A more detailed definition of mercy might be something like this: “Mercy is an act of compassion, kindness or forgiveness towards someone who could be treated with justice, which is usually understood as giving them what they deserve, whether it is good or bad.”

In this definition, there are three important ideas:

Compassion, kindness and forgiveness – these are attitudes or emotions that we have towards the other person. They are at the heart of what mercy is.
Someone who could be treated with justice – this suggests that mercy is not always deserved. If someone has done something wrong and they are given mercy instead of justice, then they are receiving something they don’t really deserve. In fact, they might even think they deserve to be punished!
Giving them what they deserve – this suggests that there is a difference between giving people what they deserve (justice) and giving them what they need (mercy). Oftentimes, people need mercy even though they don’t really deserve it.

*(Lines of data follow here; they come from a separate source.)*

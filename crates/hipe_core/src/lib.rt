//! The compiler and the command line: all that the program does.
#![tactic(auto)]

mod asking;
mod checking;
mod commands;
mod compiling;
mod ending;
mod files;
mod laws;
mod running;
mod saying;

pub use commands::command;
pub use compiling::compile;
pub use ending::Ending;
pub use laws::{compiled_images_are_read, compiled_runs_print_their_meaning, the_numbers_are};

#[cfg(test)]
mod tests;
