//! Modules are checked, and told of.

ghost use Rattle.hipe_core.specs.Checking.{counts_text, ok_line, ok_lines, ok_text, units_among};
ghost use Rattle.hipe_core.specs.Command.{Checks, effects};
ghost use Rattle.hipe_core.specs.Files.{IsQuiet, course};
ghost use Rattle.hipe_core.specs.Words.{others};
ghost use Rattle.hipe_core.specs.Writing.{WritesText};
ghost use Rattle.path_rules.specs.Profile.{units_of};
ghost use Rattle.std.specs.Prelude.{◌≡◌, ◌<◌, ◌-◌, ◌^◌, ◌++◌, All, IfOk, OnOk, map, string_bytes};

use crate::Ending;
use crate::files::checked_files;
use crate::saying::put_piece;
use beam_code::{Function, Item, Module, units};
use hipe_base::{Files, Sink};
use std::alloc::{AllocError, Global};
use std::fmt::Write;
use term_tree::name_text;

/// The units of these items together.
fn units_of(items: &[Item]) -> u64
    requires { units_of items.now < 2 ^ 32 - 1 }
    ensures { result ≡ units_of items.now }
{
    let mut sum = 0u64;
    for item in items {
        sum += u64::from(units(item.instr()));
    }
    sum
}

/// The units of these functions together.
fn units_among(functions: &[Function]) -> u64
    requires { units_among functions.now < 2 ^ 32 - 1 }
    ensures { result ≡ units_among functions.now }
{
    let mut sum = 0u64;
    for function in functions {
        sum += units_of(function.items.as_slice());
    }
    sum
}

/// So many functions and so many units.
fn counts_text(alloc: Global, functions: usize, units: u64) -> Result<String, AllocError>
    ensures { IfOk result (λ t. string_bytes t ≡ counts_text functions units) }
{
    let mut text = String::new(alloc);
    write!(text, "{functions}")?;
    text.push_str(" functions, ")?;
    write!(text, "{units}")?;
    text.push_str(" units\n")?;
    Ok(text)
}

/// The line of a module with this name and these counts.
fn ok_text(alloc: Global, name: &str, counts: &str) -> Result<String, AllocError>
    ensures { IfOk result (λ t. string_bytes t ≡ ok_text name.now counts.now) }
{
    let mut text = String::new(alloc);
    write!(text, "ok {name}: {counts}")?;
    Ok(text)
}

/// The line of a module.
fn ok_line(alloc: Global, module: &Module) -> Result<String, AllocError>
    requires { units_among «module».now.functions < 2 ^ 32 - 1 }
    ensures { IfOk result (λ t. string_bytes t ≡ ok_line «module».now) }
{
    let name = name_text(alloc, &module.name)?;
    let units = units_among(module.functions.as_slice());
    let counts = counts_text(alloc, module.functions.len(), units)?;
    ok_text(alloc, name.as_str(), counts.as_str())
}

/// Adds the line of a module.
fn put_ok_line(alloc: Global, out: &mut String, module: &Module) -> Result<(), AllocError>
    requires { units_among «module».now.functions < 2 ^ 32 - 1 }
    ensures { OnOk result (string_bytes out.new ≡ string_bytes out.old ++ ok_line «module».now) }
{
    let line = ok_line(alloc, module)?;
    out.push_str(line.as_str())
}

/// The lines of these modules.
fn ok_lines(alloc: Global, modules: &[Module]) -> Result<String, AllocError>
    requires { All (λ m. units_among m.functions < 2 ^ 32 - 1) modules.now }
    ensures { IfOk result (λ t. string_bytes t ≡ ok_lines modules.now) }
{
    let mut text = String::new(alloc);
    for module in modules {
        put_ok_line(alloc, &mut text, module)?;
    }
    Ok(text)
}

/// Writes the lines of these modules, or says why not.
fn write_lines<'a, O: Sink>(alloc: Global, modules: &[Module], out: &mut O) -> Ending<'a>
    requires { All (λ m. units_among m.functions < 2 ^ 32 - 1) modules.now }
    ensures { WritesText result (ok_lines modules.now) (O.seen out.old) (O.seen out.new) }
{
    match ok_lines(alloc, modules) {
        Err(_) => Ending::NoMemory,
        Ok(text) => {
            if put_piece(out, text.as_bytes()) {
                Ending::Said(0)
            } else {
                Ending::CannotWrite
            }
        }
    }
}

/// Checks the modules of the files that these words name.
pub fn check_files<'a, F: Files, O: Sink>(
    alloc: Global,
    words: &'a [String],
    files: &mut F,
    out: &mut O,
) -> Ending<'a>
    ensures ends { Checks result (others (map string_bytes words.now)) (effects (course (F.told files.old) (F.told files.new)) (O.seen out.old) (O.seen out.new)) }
    ensures quiet { IsQuiet (course (F.told files.old) (F.told files.new)) }
{
    match checked_files(alloc, words, files) {
        Err(ending) => ending,
        Ok(checked) => write_lines(alloc, checked.modules(), out),
    }
}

So, in short, mercy is about compassion, forgiveness and kindness towards someone – even if they don’t really deserve it.


The two concepts of grace and mercy are often confused and used interchangeably. While there is some overlap, there are also important distinctions. Put simply, grace is receiving something we don’t deserve, while mercy is not receiving something we do deserve. To unpack that a bit, mercy is often connected with forgiveness.

Grace is unmerited favor

Grace is a concept found in many religions, but it is perhaps best known within the Christian tradition. Grace is usually defined as unmerited favor or love from God. In other words, it is a gift that we do not deserve and cannot earn.

The idea of grace is central to Christianity because it represents God’s unconditional love for us. It is also important because it reminds us that we are all sinners and that our salvation comes from God’s grace alone.

While the concept of grace is found in other religions, Christianity teaches that grace is unique because it comes from God himself. Grace is also unique because it offers us salvation from our sinfulness. For Christians, grace is both a free gift and an undeserved one.

Mercy is not getting what you deserve

The world tells us that we should get what we deserve. We are taught that if we work hard, we will be rewarded. If we are good people, things will go well for us. If we make mistakes, we will be punished. This is the way of the world, and it seems only fair.

But the truth is that mercy is not getting what you deserve. Mercy is getting something good that you do not deserve. When you receive mercy, it is a gift from God.

In the Bible, there are many examples of God’s mercy. In the book of Jonah, God shows mercy to the city of Nineveh even though they did not deserve it. In the book of Luke, Jesus shows mercy to a woman who was caught in adultery even though she deserved to be stoned to death. In the book of Romans, Paul talks about how God showed mercy to him even though he was a sinner.

If you have ever received mercy from God, then you know how good it feels. You also know how hard it is to show mercy to others when they do not deserve it. But that is what God calls us to do. He calls us to show mercy to others just as he has shown mercy to us.

Grace is getting what you don’t deserve

We often talk about grace as getting what we don’t deserve. And that is true. But it’s not the whole truth. Grace is also getting what we do deserve.

Let me explain.DESERVE

We deserve punishment. We have all sinned and fallen short of God’s glory (Romans 3:23). The penalty for our sin is death (Romans 6:23). But because of God’s grace, we don’t get what we deserve. Instead, we get forgiveness and eternal life (Ephesians 2:8-9).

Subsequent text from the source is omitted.